Nem a ameaça de chuva, no começo da tarde deste sábado (14), fez com que um grupo de cerca de 20 pessoas deixasse de comparecer à quarta edição da Caminhada da Perda, em Porto Alegre. O evento, promovido pelo Conselho de Arquitetura e Urbanismo do Rio Grande do Sul (CAU-RS), buscou relembrar espaços que foram demolidos ou modificados na Capital.
O passeio cultural e gratuito percorreu pouco mais de um quilômetro, passando por 11 pontos emblemáticos do Centro Histórico que tiveram suas histórias contadas por arquitetos e museólogos do CAU-RS. Todo o trajeto contou com tradução simultânea para a Língua Brasileira de Sinais (Libras).
O grupo, composto por pessoas de diferentes idades e profissões, saiu da Praça Marechal Deodoro, mais conhecida como Praça da Matriz, onde existiu o primeiro Auditório Araújo Vianna, que funcionava a céu aberto e foi demolido na década de 1960, e seguiu até o Terminal Parobé, local onde por duas décadas funcionou a Praça Pereira Parobé, assolada na enchente de 1941 e transformada em um estacionamento de transportes.

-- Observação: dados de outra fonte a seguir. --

// The sound timelines of inputs of these names.
fn opened<'a>(
    alloc: Global,
    names: &[&'a str],
    inputs: Vec<Input>,
    media: Option<&MediaList>,
) -> Result<Vec<Timeline>, SourceFault<'a>>
    requires same { length inputs.items ≡ length names.now }
    requires editable { All IsEditable (map input_content inputs.items) }
    ensures opened { IfOk result (λ timelines. EachIs (IsOpenedInput (option_copied media.entry))
        (named_inputs (names_now names.now) (map input_content inputs.items)) timelines.items) }
    ensures ready { IfOk result (λ timelines. All IsReady timelines.items) }
    ensures stopped { IfErr result (FirstIsNot (IsOpenedInput (option_copied media.entry))
        (StopsOpening (option_copied media.entry))
        (named_inputs (names_now names.now) (map input_content inputs.items))) }
{
    let mut timelines = Vec::new(alloc);
    let mut rest = inputs.into_iter();
    'inputs: for &name in names {
        let input = next_input(&mut rest);
        match opened_timeline(alloc, input, media) {
            Ok(timeline) => match timelines.push(timeline) {
                Ok(()) => {}
                Err(refused) => {
                    mem::forget(refused);
                    return Err(no_memory(name));
                }
            },
            Err(refusal) => return Err(refused(name, refusal)),
        }
    }
    Ok(timelines)
}

// The next input.
fn next_input(inputs: &mut IntoIter<Input>) -> Input
    requires { into_iter_items inputs.old ≢ [] }
    ensures { into_iter_items inputs.old ≡ result ∷ into_iter_items inputs.new }
{
    match inputs.next() {
        Some(input) => input,
        None => unreachable!(),
    }
}

// A refusal that is told of the file of that name.
fn refused<'a>(name: &'a str, refusal: Refusal) -> SourceFault<'a>
    ensures name { result.name.now ≡ name.now }
    ensures fault { result.fault ≡ ReadFault.Refused refusal }
{
    SourceFault {
        name,
        fault: ReadFault::Refused(refusal),
    }
}

// What a command on several files is to send for their sound timelines.
fn worked<'a>(
    alloc: Global,
    command: Command,
    names: &[&'a str],
    timelines: Vec<Timeline>,
) -> Result<Planned, SourceFault<'a>>
    requires several { asking.takes_several command ≡ true }
    requires ready { All IsReady timelines.items }
    requires some { timelines.items ≢ [] }
    requires named { names.now ≢ [] }
    requires joining { HasJoining command (length timelines.items) }
    ensures owed { PlansAs (λ target answer.
        AnswersTimelines command (names_now names.now) target timelines.items answer) result }
    ensures fits { IfOk result (λ planned. Fits planned) }
    ensures kind { IfOk result (λ planned. AreRows planned → ⊥) }
    ensures desk { IfOk result (λ planned. IsDesk planned → ⊥) }
    ensures named { IfErr result (λ stop. IsAmong (names_now names.now) stop.name.now) }
    ensures calm { (n : ℕ) → RaisedAt result n n }
{
    match command {
        Command::Cat => joined(alloc, names, timelines),
        Command::ListCat { rate: _ } => joined(alloc, names, timelines),
        Command::Tool(asked) => tool_done(alloc, asked, names, timelines),
        Command::ListTool { rate: _, tool } => tool_done(alloc, tool, names, timelines),
        _ => unreachable!(),
    }
}

// What is to be sent of timelines that are joined.
fn joined<'a>(
    alloc: Global,
    names: &[&'a str],
    timelines: Vec<Timeline>,
) -> Result<Planned, SourceFault<'a>>
    requires ready { All IsReady timelines.items }
    requires some { timelines.items ≢ [] }
    requires named { names.now ≢ [] }
    ensures owed { PlansAs (λ target answer.
        AnswersJoined (names_now names.now) target timelines.items answer) result }
    ensures fits { IfOk result (λ planned. Fits planned) }
    ensures kind { IfOk result (λ planned. AreRows planned → ⊥) }
    ensures desk { IfOk result (λ planned. IsDesk planned → ⊥) }
    ensures named { IfErr result (λ stop. IsAmong (names_now names.now) stop.name.now) }
    ensures calm { (n : ℕ) → RaisedAt result n n }
{
    match concatenated(alloc, timelines) {
        Ok(timeline) => Ok(Planned::Root(Object::Timeline(timeline))),
        Err(fault) => Err(stop_of(names, fault)),
    }
}

// What is to be sent of timelines that are worked on as asked.
fn tool_done<'a>(
    alloc: Global,
    asked: ToolAsked,
    names: &[&'a str],
    timelines: Vec<Timeline>,
) -> Result<Planned, SourceFault<'a>>
    requires ready { All IsReady timelines.items }
    requires some { timelines.items ≢ [] }
    requires named { names.now ≢ [] }
    requires joining { FitsJoining asked (length timelines.items) }
    ensures owed { PlansAs (λ target answer.
        AnswersTool asked (names_now names.now) target timelines.items answer) result }
    ensures fits { IfOk result (λ planned. Fits planned) }
    ensures kind { IfOk result (λ planned. AreRows planned → ⊥) }
    ensures desk { IfOk result (λ planned. IsDesk planned → ⊥) }
    ensures named { IfErr result (λ stop. IsAmong (names_now names.now) stop.name.now) }
    ensures calm { (n : ℕ) → RaisedAt result n n }
{
    match tooled(alloc, asked, timelines) {
        Ok(timeline) => Ok(output_of(asked, timeline)),
        Err(fault) => Err(stop_of(names, fault)),
    }
}

// What is written of a timeline: the listings that are asked for, else the timeline.
fn output_of(asked: ToolAsked, timeline: Timeline) -> Planned
    requires few { count_below timeline.tracks.children < 2 ^ 32 }
    ensures text { text_planned result ≡ tool_text asked timeline }
    ensures fits { Fits result }
    ensures kind { AreRows result → ⊥ }
    ensures desk { IsDesk result → ⊥ }
{
    if does_list(asked) {
        Planned::Listed(timeline, listings_asked(asked))
    } else {
        Planned::Root(Object::Timeline(timeline))
    }
}

// Whether something is listed.
fn does_list(asked: ToolAsked) -> bool
    ensures { result ≡ tools.does_list asked }
{
    (asked.list_tracks || asked.list_clips) || (asked.list_media || asked.stats)
}

// The listings that are asked for.
fn listings_asked(asked: ToolAsked) -> Listings
    ensures { result ≡ tools.listings_asked asked }
{
    Listings {
        tracks: asked.list_tracks,
        clips: asked.list_clips,
        media: asked.list_media,
        stats: asked.stats,
    }
}

// What is told of timelines of files of these names that aren't worked on.
fn stop_of<'a>(names: &[&'a str], fault: ToolFault) -> SourceFault<'a>
    ensures name { (fault ≢ ToolFault.Memory) →
        result.name.now ≡ name_told (names_now names.now) fault }
    ensures among { names.now ≢ [] → IsAmong (names_now names.now) result.name.now }
    ensures fault { IsRefusedAt (λ why. (fault ≢ ToolFault.Memory)
        × (why ≡ tool_fault_text fault)) result.fault }
{
    let name = name_of(names, &fault);
    match reason_of(fault) {
        Some(reason) => refused(name, Refusal::Broken(reason)),
        None => no_memory(name),
    }
}

// The name of the input that a fault is told of.
fn name_of<'a>(names: &[&'a str], fault: &ToolFault) -> &'a str
    ensures name { (fault.now ≢ ToolFault.Memory) →
        result.now ≡ name_told (names_now names.now) fault.now }
    ensures among { names.now ≢ [] → IsAmong (names_now names.now) result.now }
{
    match fault {
        ToolFault::At { input, fault: _ } => name_at(names, *input),
        _ => name_at(names, 0),
    }
}

// The name of the input of an index, else of the first.
fn name_at<'a>(names: &[&'a str], index: usize) -> &'a str
    ensures { result.now ≡ tools.name_at (names_now names.now) index }
{
    match names.get(index) {
        Some(&name) => name,
        None => first_name(names),
    }
}

// The name of the first input, and an empty one where there is none.
fn first_name<'a>(names: &[&'a str]) -> &'a str
    ensures { result.now ≡ get_or (names_now names.now) 0 [] }
{
    match names.get(0) {
        Some(&name) => name,
        None => "",
    }
}

// What is told of timelines that aren't worked on; nothing where memory ran out.
fn reason_of(fault: ToolFault) -> Option<Reason>
    ensures { IfSome result (λ reason. (fault ≢ ToolFault.Memory)
        × (reason_text reason ≡ tool_fault_text fault)) }
{
    match fault {
        ToolFault::At { input: _, fault } => flat_reason(fault),
        ToolFault::Items => Some(items_reason()),
        ToolFault::Unsound(fault) => coord_reason(fault),
        ToolFault::Memory => None,
    }
}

— A caminhada, através do olhar de especialistas, faz despertar na população esse senso de pertencimento e de reconhecimento das belezas arquitetônicas que devem ser preservadas na cidade — explica o arquiteto e idealizador da Caminhada da Perda, Lucas Volpatto, 40 anos.

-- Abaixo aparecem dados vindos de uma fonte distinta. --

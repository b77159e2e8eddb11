// Points of a record, and the frames that they name.
ghost use Rattle.std.specs.Prelude.{◌≡◌, true, false, pos, IfSome, MatchOption};
ghost use Rattle.std.specs.Option.{option_map};
ghost use Rattle.smpte_tc.specs.Frames.{label_frame as frame_named};
ghost use Rattle.smpte_tc.specs.Words.{IsPoint, IsOnePoint, is_label_form as has_label_form};
ghost use Rattle.smpte_tc.specs.PointFrames.{point_frame, IsFrame};

use crate::forms::is_label_form;
use crate::numbers::whole_number;
use crate::timecode::label_frame;
use tick_time::Rate;

/// A point of a record.
#[derive(Clone, Copy, PartialEq, Eq)]
pub enum RecordPoint {
    /// The record frame of this number.
    Frame(u64),
    /// The record frame of this timecode label: eleven bytes, `HH:MM:SS:FF` or `HH:MM:SS;FF` (SMPTE
    /// ST 12-1).
    Label([u8; 11]),
}

/// The point that a word names: a whole number of at most 18 digits without a sign or a leading
/// zero, or a word in the form of a label, `dd:dd:dd:dd` or `dd:dd:dd;dd` with digits `d`. Whether
/// it is a label at a rate is for [`frame_at`] to say. None for every other word.
pub fn point_of(word: &str) -> Option<RecordPoint>
    ensures { MatchOption result ((point : RecordPoint) → IsPoint word.now point → ⊥)
        (IsPoint word.now) }
{
    if let Some(label) = label_of(word.as_bytes()) {
        return Some(RecordPoint::Label(label));
    }
    match whole_number(word) {
        Some(number) => Some(RecordPoint::Frame(number)),
        None => None,
    }
}

// The bytes of a word in the form of a label.
fn label_of(word: &[u8]) -> Option<[u8; 11]>
    ensures { MatchOption result (has_label_form word.now ≡ false)
        (λ label. (label ≡ word.now) × (has_label_form word.now ≡ true)) }
{
    if !is_label_form(word) {
        return None;
    }
    word.try_into().ok()
}

/// The record frame that a point names at a rate.
///
/// None exactly where the point is a label that is none at that rate: the rate has no timecode, or
/// none with drop-frame where `;` stands before the frames, a part is out of its range, or
/// drop-frame leaves the label out; and where it is a number of more than 18 digits, which no word
/// names.
pub fn frame_at(point: RecordPoint, rate: Rate) -> Option<i64>
    ensures frame { result ≡ point_frame rate point }
    ensures bound { IfSome result IsFrame }
{
    match point {
        RecordPoint::Frame(number) => frame_number(number),
        RecordPoint::Label(label) => frame_of_label(label.as_slice(), rate),
    }
}

// The record frame of that number.
fn frame_number(number: u64) -> Option<i64>
    ensures frame { (rate : Rate) → result ≡ point_frame rate (RecordPoint.Frame number) }
    ensures bound { IfSome result IsFrame }
{
    if number < 1_000_000_000_000_000_000 {
        Some(number as i64)
    } else {
        None
    }
}

/// The frame number of the day that a label names at a rate; none exactly where the bytes are no
/// label at that rate, as [`frame_at`] says. `;` before the frames means drop-frame.
pub fn frame_of_label(label: &[u8], rate: Rate) -> Option<i64>
    ensures frame { result ≡ option_map pos (frame_named rate false label.now) }
    ensures bound { IfSome result IsFrame }
{
    match label_frame(label, rate, false) {
        Some(frame) => Some(i64::from(frame)),
        None => None,
    }
}

/// Law: a word names at most one point. It does nothing.
pub fn one_point()
    ensures { IsOnePoint }
{}
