//! Timecode labels of SMPTE ST 12-1: the frame numbers of a day and the labels that name them;
//! words that are rates, in frames a second; and points of a record, each a frame by its number or
//! by a label.
#![tactic(auto)]

mod address;
mod counts;
mod faults;
mod forms;
mod laws;
mod modes;
mod numbers;
mod points;
mod timecode;

pub use faults::TcFault;
pub use forms::is_label_form;
pub use laws::{
    bytes_of_labels, counts_of_days, labels_of_numbers, labels_read_again, numbers_of_labels,
    one_answer, read_written, write_read,
};
pub use modes::{Mode, mode_of};
pub use numbers::whole_number;
pub use points::{RecordPoint, frame_at, frame_of_label, one_point, point_of};
pub use tick_time::rate_of;
pub use timecode::{label, label_frame, read};
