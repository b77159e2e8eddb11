//! Why a label or a frame number is refused.

use thiserror::Error;

/// Why a label or a frame number is refused.
#[derive(Clone, Copy, Debug, PartialEq, Eq, Error)]
pub enum TcFault {
    /// The bytes do not have the form `HH:MM:SS:FF` or `HH:MM:SS;FF`.
    #[error("no timecode label")]
    Form,
    /// Hours exceed 23, minutes or seconds 59, or frames are not below the rate's count.
    #[error("a field of a label is out of range")]
    Field,
    /// The label is one that drop-frame leaves out.
    #[error("a label that drop-frame leaves out")]
    Dropped,
    /// The frame number is negative or not below the count of a day.
    #[error("a frame number is not of a day")]
    Day,
    /// The rate has no timecode, or no drop-frame.
    #[error("the rate has no such timecode")]
    NoTimecode,
}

Com microfones e um caderno de fotografias antigas, os mediadores mostravam, entre prédios quadrados e padronizados, algumas das mudanças na paisagem de Porto Alegre, como a verticalização e o empobrecimento de detalhes visuais.
Dentre todas as modificações, a que mais chamou a atenção do guia turístico Celso Alegransi, 43, foi a da Igreja do Rosário, na Rua Vigário José Inácio. O templo inaugurado em 1817 foi demolido em 1951, com autorização do então presidente Getúlio Vargas, apesar do apelo popular pela manutenção do edifício original.
— Na correria do dia a dia, a pessoa não contempla e repara em detalhes históricos e socioculturais dessas edificações. Esses prédios contam a história da cidade e do povo junto, de diferentes épocas. Estamos aqui para relembrar dessas histórias e não deixar que coisas como o destombamento e a destruição da cultura de um povo minoritário sejam destruídos novamente — analisa.
O caminho contemplou ainda locais que já foram pontos de encontro da comunidade gaúcha, como a Igreja do Rosário, o Café Colombo, o Teatro Coliseu e o luxuoso Grande Hotel, ponto de hospedagem de autoridades e da elite que chegava ao Estado.
Apesar de não estar no roteiro inicial, entregue aos participantes em um flyer composto por mapas e fotos, os mediadores levaram o grupo até o Edifício Guaspari, perto do Paço Municipal, para mostrar que perdas históricas, por vezes, podem ser superadas. O prédio, construído na década de 1930, exibe agora diversas janelas que foram por décadas tapadas por cortinas de metal. Recentemente, ele recebeu uma intervenção, voltando a ficar próximo da estrutura original.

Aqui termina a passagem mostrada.